Antonios Dragonas was born in Athens, Greece (1961). He holds BSc in Mathematics (National and Kapodistrian University of Athens).He was a PhD candidate in Theoretical Physics (Aristotle University of Thessaloniki) and also studied Advanced Information Technologies.He is working as Computers’ and Networks’ Engineer and since 1981 he is occupying continuously with Scientific Algorithms Development and Implementation. He is also a Microsoft Certified System Engineer (MCSE since 1998), Microsoft Certified Trainer (MCT since 1998) and Cisco Certified Network Associate (CCNA since 2001).He has been teaching continuously since 1992 IT advanced courses (Computer’s and Network Technologies and Advanced Analysis and Programming).He is graduate of the CSAP Mastering Program (University of Piraeus) and the MSc Program “Advanced Technologies for Human to Computer Interaction- Artificial Intelligence” (University of Piraeus).

Systemic Operational Processes: Macro and Micro Processes for Business Intelligence

In this Workshop we will deal with building a good understanding of the meaning of Systemic Operational Processes and linking the Macrocosm Processes to the Processes as they exist and operate in the Computational Microcosm.

Systems consist of integral parts, all interacting with each other and the System interacts with the environment.

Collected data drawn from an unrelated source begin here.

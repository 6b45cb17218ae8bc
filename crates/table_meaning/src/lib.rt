// What the table mapper is to all above it: set-up, choice, level, the words by what is open, and its laws.
#![tactic(auto)]

mod number;
mod start;

pub use number::page_number;
pub use start::first_tables;
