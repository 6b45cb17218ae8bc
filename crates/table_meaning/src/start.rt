// The tables at set-up.
ghost use Rattle.std.specs.Prelude.{◌≡◌, ◌<◌, ◌≤◌};
ghost use Rattle.table_meaning.specs.Starting.{Started, start_of};

use std::array;
use tree::{Place, Table};

// Each card's root is the table of its number; the others of `count` tables are free.
pub fn first_tables(cards: u8, count: u8) -> [Table; 64]
    requires { count ≤ 64 }
    ensures { Started cards count result }
{
    array::from_fn(
        |t|
            requires { t < 64 }
            ensures { result ≡ start_of cards count t }
        { first_use(cards, count, t) },
    )
}

// What table t is for at first.
fn first_use(cards: u8, count: u8, t: usize) -> Table
    ensures { result ≡ start_of cards count t }
{
    if t >= count as usize {
        Table::Missing
    } else if t < cards as usize {
        Table::Used(Place {
            level: 4,
            prefix: t as u64,
        })
    } else {
        Table::Free
    }
}
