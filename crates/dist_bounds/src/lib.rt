//! Squared distances from a place: the least and the greatest to a closed square of the grid, and
//! the one to a grid point.
//!
//! All are exact, in grid units squared, of which 2^32 make a square length.
#![tactic(auto)]

ghost use Rattle.std.specs.Prelude.{◌≡◌, ◌*◌, ◌+◌, ◌^◌, ◌≤◌, pos};
ghost use Rattle.std.specs.Prelude.{◌-ℤ◌, ◌*ℤ◌, ◌≤ℤ◌, unsigned_abs, max};
ghost use Rattle.std.specs.Prelude.{true, false, if◌then◌else◌};
ghost use Rattle.std.specs.Int.{int_max};
ghost use Rattle.siting_definitions.specs.declared.TheConstants.{COORDINATE_LIMIT, UNIT};
ghost use Rattle.siting_definitions.specs.Point.{Point, point_of};
ghost use Rattle.siting_definitions.specs.Instance.{IsCoordinate};
ghost use Rattle.siting_definitions.specs.Cost.{distance2};
ghost use Rattle.siting_definitions.specs.Square.{holds_closed};
ghost use Rattle.siting_definitions.specs.Bounds as bounds;
ghost use Rattle.dist_bounds.specs.Limits.{IsWithinSquares, longest, longest_way};

#[cfg(test)]
mod tests;

use dyadic_square::Square;
use exact_geometry::{Place, Pt};
use siting_definitions::UNIT;

/// The least squared distance from `a` to the closed square, in grid units squared.
pub fn near2(sq: Square, a: Place) -> u128
    ensures value { result ≡ bounds.near2 sq a }
    ensures encloses { (p : Point) → holds_closed sq p ≡ true
        → result * (p.q * p.q) ≤ 2 ^ 32 * distance2 a p }
    ensures size { result ≤ longest * longest }
{
    near_or_far2(sq, a, false)
}

/// The greatest squared distance from `a` to the closed square, in grid units squared.
pub fn far2(sq: Square, a: Place) -> u128
    ensures value { result ≡ bounds.far2 sq a }
    ensures encloses { (p : Point) → holds_closed sq p ≡ true
        → 2 ^ 32 * distance2 a p ≤ result * (p.q * p.q) }
    ensures size { result ≤ longest * longest }
{
    near_or_far2(sq, a, true)
}

/// The greatest squared distance from `a` to the closed square if `far`, and else the least, in
/// grid units squared.
#[inline(always)]
pub fn near_or_far2(sq: Square, a: Place, far: bool) -> u128
    ensures value { result ≡ if far then bounds.far2 sq a else bounds.near2 sq a }
    ensures size { result ≤ longest * longest }
{
    let side = sq.side_len();
    sum_of_squares(
        way_to_end(sq.x, sq.x + side, on_grid(a.x), far),
        way_to_end(sq.y, sq.y + side, on_grid(a.y), far),
    )
}

/// The squared distance from `a` to the grid point `z`, in grid units squared. Each coordinate of
/// `z` is at most 2^38 in size.
pub fn distance2(z: Pt, a: Place) -> u128
    requires x { IsWithinSquares z.x }
    requires y { IsWithinSquares z.y }
    ensures value { result ≡ distance2 a (point_of z) }
    ensures size { result ≤ longest * longest }
{
    sum_of_squares(way(z.x, on_grid(a.x)), way(z.y, on_grid(a.y)))
}

/// A coordinate in lengths, in grid units.
#[inline(always)]
fn on_grid(v: i32) -> i64
    requires { IsCoordinate v }
    ensures value { result ≡ pos UNIT *ℤ v }
    ensures size { unsigned_abs result ≤ UNIT * COORDINATE_LIMIT }
{
    UNIT as i64 * v as i64
}

/// How far `a` lies outside of the span from `low` to `high`, in grid units.
#[inline(always)]
fn way_outside(low: i64, high: i64, a: i64) -> u64
    requires low { IsWithinSquares low }
    requires high { IsWithinSquares high }
    requires a { unsigned_abs a ≤ UNIT * COORDINATE_LIMIT }
    ensures value { result ≡ unsigned_abs (int_max (pos 0) (int_max (low -ℤ a) (a -ℤ high))) }
    ensures size { result ≤ longest_way }
{
    (low - a).max(a - high).max(0) as u64
}

/// How far `a` lies from the farther end of the span from `low` to `high` if `far`, and else how
/// far outside of the span, in grid units. The one is the other with the ends exchanged.
#[inline(always)]
fn way_to_end(low: i64, high: i64, a: i64, far: bool) -> u64
    requires low { IsWithinSquares low }
    requires high { IsWithinSquares high }
    requires order { low ≤ℤ high }
    requires a { unsigned_abs a ≤ UNIT * COORDINATE_LIMIT }
    ensures far { far ≡ true
        → result ≡ max (unsigned_abs (low -ℤ a)) (unsigned_abs (high -ℤ a)) }
    ensures near { far ≡ false
        → result ≡ unsigned_abs (int_max (pos 0) (int_max (low -ℤ a) (a -ℤ high))) }
    ensures size { result ≤ longest_way }
{
    way_outside(one_of(far, high, low), one_of(far, low, high), a)
}

/// The first number or the second.
#[inline(always)]
fn one_of(is_first: bool, first: i64, second: i64) -> i64
    requires first { IsWithinSquares first }
    requires second { IsWithinSquares second }
    ensures first { is_first ≡ true → result ≡ first }
    ensures second { is_first ≡ false → result ≡ second }
    ensures size { IsWithinSquares result }
{
    if is_first { first } else { second }
}

/// How far two coordinates are apart, in grid units.
#[inline(always)]
fn way(z: i64, a: i64) -> u64
    requires z { IsWithinSquares z }
    requires a { unsigned_abs a ≤ UNIT * COORDINATE_LIMIT }
    ensures value { result ≡ unsigned_abs (z -ℤ a) }
    ensures size { result ≤ longest_way }
{
    z.abs_diff(a)
}

/// The sum of two squares.
#[inline(always)]
fn sum_of_squares(a: u64, b: u64) -> u128
    requires a { a ≤ longest_way }
    requires b { b ≤ longest_way }
    ensures value { result ≡ a * a + b * b }
    ensures size { result ≤ longest * longest }
{
    a as u128 * a as u128 + b as u128 * b as u128
}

A System consists of Subsystems (downward causation) and the subsystems belong to Supersystems (upward causation).

Systems become viable when they are capable of adapting themselves to environmental changes, interacting with them, and when they are capable of producing the effects for which the changing environment demands.

Active Systems produce results through the transformation of the inputs they receive from their environment, through Processes performed by their parts appropriately selected and interconnected parts under high complexity.

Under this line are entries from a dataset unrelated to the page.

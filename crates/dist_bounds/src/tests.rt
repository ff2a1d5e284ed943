//! Distances to squares and to a grid point, worked by hand.

use super::*;

#[test]
fn distances_to_squares(rt: HostRuntime) {
    let unit = Square::of(0, 0, 16);
    let table = [
        // Inside, on a corner, beside, and beyond a corner: lengths are 65536 grid units.
        (
            Square::of(0, 0, 19),
            Place::of(5, 5),
            0,
            2 * 327680 * 327680,
        ),
        (unit, Place::of(0, 0), 0, 2 * 65536 * 65536),
        (
            unit,
            Place::of(3, 0),
            131072 * 131072,
            196608 * 196608 + 65536 * 65536,
        ),
        (
            unit,
            Place::of(-1, -2),
            5 * 65536 * 65536,
            13 * 65536 * 65536,
        ),
        (Square::of(-7, 9, 0), Place::of(0, 0), 36 + 81, 49 + 100),
        (
            Square::of(-65536000000, -65536000000, 37),
            Place::of(-1000000, -1000000),
            0,
            37778931862957161709568,
        ),
    ];
    for (square, place, near, far) in table {
        assert_eq!(rt; near2(square, place), near, "{place:?} to {square:?}");
        assert_eq!(rt; far2(square, place), far, "{place:?} to {square:?}");
        assert_eq!(rt;
            near_or_far2(square, place, false),
            near,
            "{place:?} to {square:?}"
        );
        assert_eq!(rt;
            near_or_far2(square, place, true),
            far,
            "{place:?} to {square:?}"
        );
    }
    assert_eq!(rt; distance2(Pt::of(3, -4), Place::of(0, 0)), 25);
    assert_eq!(rt;
        distance2(Pt::of(274877906944, 0), Place::of(-1000000, 0)),
        115881628040878291419136
    );
}
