//! A pass over the gates of one chip by change.
//!
//! A `ChipPass` has a value for each net of a chip, and knows which gates wait. Nets that no gate drives are
//! set; a pass gives the gates that wait their turns, each after those that drive what it reads. Afterwards
//! each net has what comes to it through gates. What a gate gives for the values of its inputs is told by a
//! rule, for values of any kind. Only `new` takes memory.
#![tactic(auto)]

mod order;
mod pass;
mod ranked;
mod rule_by_place;

pub use chip_rule::ChipRule;
pub use pass::ChipPass;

Here, we present Processes as integrated business entities within a System, in order to understand their functionality and their relationship to the intended results. We present a proposal that makes understandable both their structure and their execution capability and performance and their variability with respect to the purposes that the System is called upon to achieve.

We define the concepts of Elementary Processing Performer, Processing Structure, Process Links, Process Flows and Processes, and then associate the concepts of System Purpose with the complex process of selecting the change/ reaction of the System to achieve a compulsory purpose. The selection process is executed by a Decision Making System and the successful Response of the System to the changing calls of its environment can be named as "operational intelligence".

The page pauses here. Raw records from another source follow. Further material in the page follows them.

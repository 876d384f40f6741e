//! The rule of a chip as one for its gates in ranked order.
ghost use Rattle.chip_pass.specs.Inside.{IsKnownAt};
ghost use Rattle.chip_pass.specs.Orders.{gives_at};

use crate::ChipRule;
use emu_machine::Chip;
use gate_pass::{GateRule, NetValue, Steps};
use graph_rank::Order;
use std::sync::ledger::Ledger;

/// A rule for the gates of a chip, which are told by their places in an order.
#[derive(Drop)]
pub(crate) struct RuleByPlace<'a, R> {
    pub(crate) rule: &'a R,
    pub(crate) chip: &'a Chip,
    pub(crate) order: &'a Order,
}

impl<'a, T: NetValue, R: ChipRule<T>> GateRule<T> for RuleByPlace<'a, R> {
    ghost gives = { λ self. gives_at (R.gives self.rule.now) self.chip.now self.order.now.order };

    ghost Knows = { λ self. IsKnownAt (R.Knows self.rule.now) self.chip.now self.order.now.order };

    fn value<L: Ledger>(
        &self,
        gate: u32,
        _inputs: &[u32],
        values: &[T],
        steps: &mut Steps<L>,
    ) -> T {
        let gate = self.chip.gates.get(u64::from(self.order.at(gate)));
        self.rule.value(gate, values, steps)
    }
}
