//! A pass over the gates of one chip by change.
ghost use Rattle.std.specs.Prelude.{◌≡◌, ◌+◌, ◌<◌, ◌≤◌, ℕ, false, length, replicate, slice_get, Option, Some, None, IfOk, List};
ghost use Rattle.emu_machine.specs.declared.netlist.EmuGate.{EmuGate};
ghost use Rattle.emu_machine.specs.Netlist.{IsOnCycle, gate_of};
ghost use Rattle.gate_cycles.specs.Gates.{IsDriven};
ghost use Rattle.gate_pass.specs.Gates.{NetHasTaken, WereDue, value_on};
ghost use Rattle.chip_pass.specs.Chips.{ChipHasSettled, ChipOthersWait, IsChipPass};

use crate::ChipRule;
use crate::order::order_of;
use crate::ranked::{inputs_of, outputs_of};
use crate::rule_by_place::RuleByPlace;
use emu_io::NoMemory;
use emu_machine::Chip;
use gate_pass::{GatePass, NetValue, Steps};
use graph_rank::Order;
use id_arena::ChipNetId;
use std::alloc::Global;
use std::marker::Model;
use std::sync::ledger::Ledger;

/// A chip, a value for each of its nets, and which of its gates wait.
///
/// A contract sees the chip, the order in which its gates have their turns, and the pass over the gates in that
/// order. Only `new` takes memory.
#[derive(Drop)]
pub struct ChipPass<'a, T: NetValue> {
    chip: &'a Chip,
    order: Order,
    pass: GatePass<T>,
}

impl<'a, T: NetValue> Model for ChipPass<'a, T> {
    ghost use Rattle.chip_pass.specs.Chips.{ChipState, IsChipPass};

    ghost Value = { ChipState T };

    ghost view = { λ pass. record { chip = pass.chip.now; order = pass.order.order; pass = pass.pass } };

    ghost invariant = { λ pass. IsChipPass (record { chip = pass.chip.now; order = pass.order.order; pass = pass.pass }) };
}

impl<'a, T: NetValue> ChipPass<'a, T> {
    /// A chip of which all nets have this value. All gates wait, whatever they give.
    pub fn new(alloc: Global, chip: &'a Chip, value: T) -> Result<ChipPass<'a, T>, NoMemory>
        requires driven { IsDriven chip.now }
        requires no_cycle { (k : ℕ) → IsOnCycle chip.now k → ⊥ }
        ensures chip { IfOk result (λ pass. pass.chip ≡ chip.now) }
        ensures values { IfOk result (λ pass. pass.pass.values ≡ replicate chip.now.nets value) }
        ensures idle { IfOk result (λ pass. pass.pass.idle ≡ replicate (length chip.now.gates) false) }
        ensures stands { IfOk result (λ pass. IsChipPass pass) }
        ensures others { IfOk result (λ pass. (gives : EmuGate → List T → T) → ChipOthersWait gives T.none pass) }
    {
        let order = order_of(alloc, chip)?;
        let inputs = inputs_of(alloc, chip, &order)?;
        let outputs = outputs_of(alloc, chip, &order)?;
        let pass = GatePass::new(alloc, inputs, outputs, chip.nets, value)?;
        Ok(ChipPass { chip, order, pass })
    }

    /// Tells what holds of the chip, the order and the pass. It does nothing.
    pub fn stands(&self)
        ensures { IsChipPass self.now }
    {
        let _ = &self.chip;
    }

    /// The value of a net.
    pub fn value(&self, net: ChipNetId) -> T
        requires { net.place < self.now.chip.nets }
        ensures { result ≡ value_on T.none self.now.pass.values net.place }
    {
        self.pass.value(net.place)
    }

    /// The values of all nets.
    pub fn values(&self) -> &[T]
        ensures values { result.now ≡ self.now.pass.values }
        ensures nets { length result.now ≡ self.now.chip.nets }
    {
        self.pass.values()
    }

    /// Gives a net that no gate drives a value. Where it is another than before, the gates that read it wait.
    pub fn set(&mut self, net: ChipNetId, value: T)
        requires there { net.place < self.old.chip.nets }
        requires free { gate_of self.old.chip net.place ≡ None }
        ensures chip { self.new ≡ record self.old { pass = self.new.pass } }
        ensures taken { NetHasTaken T.none net.place value self.old.pass self.new.pass }
        ensures others { (gives : EmuGate → List T → T) → ChipOthersWait gives T.none self.old → ChipOthersWait gives T.none self.new }
    {
        self.pass.set(net.place, value);
    }

    /// Lets all gates wait, as where what gates give has changed.
    pub fn wake_all(&mut self)
        ensures woken { self.new ≡ record self.old { pass = record self.old.pass { idle = replicate (length self.old.chip.gates) false } } }
        ensures others { (gives : EmuGate → List T → T) → ChipOthersWait gives T.none self.new }
    {
        self.pass.wake_all();
    }

    /// Gives each gate that waits its turn, until none waits. Then each net has what comes to it through gates.
    pub fn settle<R: ChipRule<T>>(&mut self, rule: &R)
        requires others { ChipOthersWait (R.gives rule.now) T.none self.old }
        requires known { (k : ℕ) (gate : EmuGate) → slice_get self.old.chip.gates k ≡ Some gate → R.Knows rule.now gate }
        ensures settled { ChipHasSettled (R.gives rule.now) T.none self.old self.new }
        ensures others { ChipOthersWait (R.gives rule.now) T.none self.new }
    {
        self.pass.settle(&RuleByPlace {
            rule,
            chip: self.chip,
            order: &self.order,
        });
    }

    /// The same, where each gate that has a turn may count one step.
    pub fn settle_counted<R: ChipRule<T>, L: Ledger>(&mut self, rule: &R, steps: &mut Steps<L>)
        requires others { ChipOthersWait (R.gives rule.now) T.none self.old }
        requires known { (k : ℕ) (gate : EmuGate) → slice_get self.old.chip.gates k ≡ Some gate → R.Knows rule.now gate }
        ensures settled { ChipHasSettled (R.gives rule.now) T.none self.old self.new }
        ensures others { ChipOthersWait (R.gives rule.now) T.none self.new }
        ensures counted { (turns : List ℕ) × WereDue T.none self.old.pass self.new.pass turns × (steps.new ≤ steps.old + length turns) }
    {
        self.pass.settle_counted(
            &RuleByPlace {
                rule,
                chip: self.chip,
                order: &self.order,
            },
            steps,
        );
    }
}
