//! The order in which the gates of a chip have their turns.
ghost use Rattle.std.specs.Prelude.{◌≡◌, ℕ, IfOk};
ghost use Rattle.emu_machine.specs.Netlist.{IsOnCycle};
ghost use Rattle.gate_cycles.specs.Gates.{IsDriven};
ghost use Rattle.chip_pass.specs.Orders.{IsGateOrder};

use emu_io::NoMemory;
use emu_machine::Chip;
use gate_cycles::gate_graph;
use graph_rank::{GraphFault, Order, cycles_come_round, rank_graph, rankings_are_sorted};
use std::alloc::Global;

/// An order of the gates of a chip in which each stands after those that drive its inputs.
pub(crate) fn order_of(alloc: Global, chip: &Chip) -> Result<Order, NoMemory>
    requires driven { IsDriven chip.now }
    requires no_cycle { (k : ℕ) → IsOnCycle chip.now k → ⊥ }
    ensures { IfOk result (λ order. IsGateOrder chip.now order.order) }
{
    let graph = gate_graph(alloc, chip)?;
    rankings_are_sorted();
    cycles_come_round();
    match rank_graph(alloc, &graph) {
        Ok(order) => Ok(order),
        Err(GraphFault::NoMemory) => Err(NoMemory),
        Err(GraphFault::Cycle(_)) => unreachable!(),
    }
}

Considering that an important factor, in order for a System's interaction with its environment to be considered successful, is to limit the consumption of Systemic Energy to achieve the desired result, we refer to examples from the Natural Macrocosm and from the Computational Microcosm in which we can find better utilization of the resources of the System (Parallel Processes).

Following is an overview of the origins of a multitude of Processing Structures and Processes Applied to Modern Informatics, and we present some of the mechanisms by which Macrocosm Processes have been integrated and fully operational in Applied Informatics.

And finally, we demonstrate the usefulness and applicability of our conclusions from the implementation and use of Processes in the "attenuated" Computational Microcosm Macro-cosmic Systems of high interest after appropriate attenuation.

The certification of the effectiveness of technologies and methods involving Parallel Processing is substantiated by reference to two parallel algorithms that we have design and implement, which achieve the desired results with exemplary quality in a minimum slice of time as the first Algorithm classifies extremely fast integers (or alphanumeric characters) using continuously all selected processors of the system in parallel. And the second Algorithm, which simplifies over 90% a complex polygonal lines, while maintaining the visual quality of the line produced by applying the "Round Robin" service technique.

Both Algorithmic techniques, presented, are directly applicable to the business Macrocosm and would make a significant contribution to the "operational intelligence" of a System.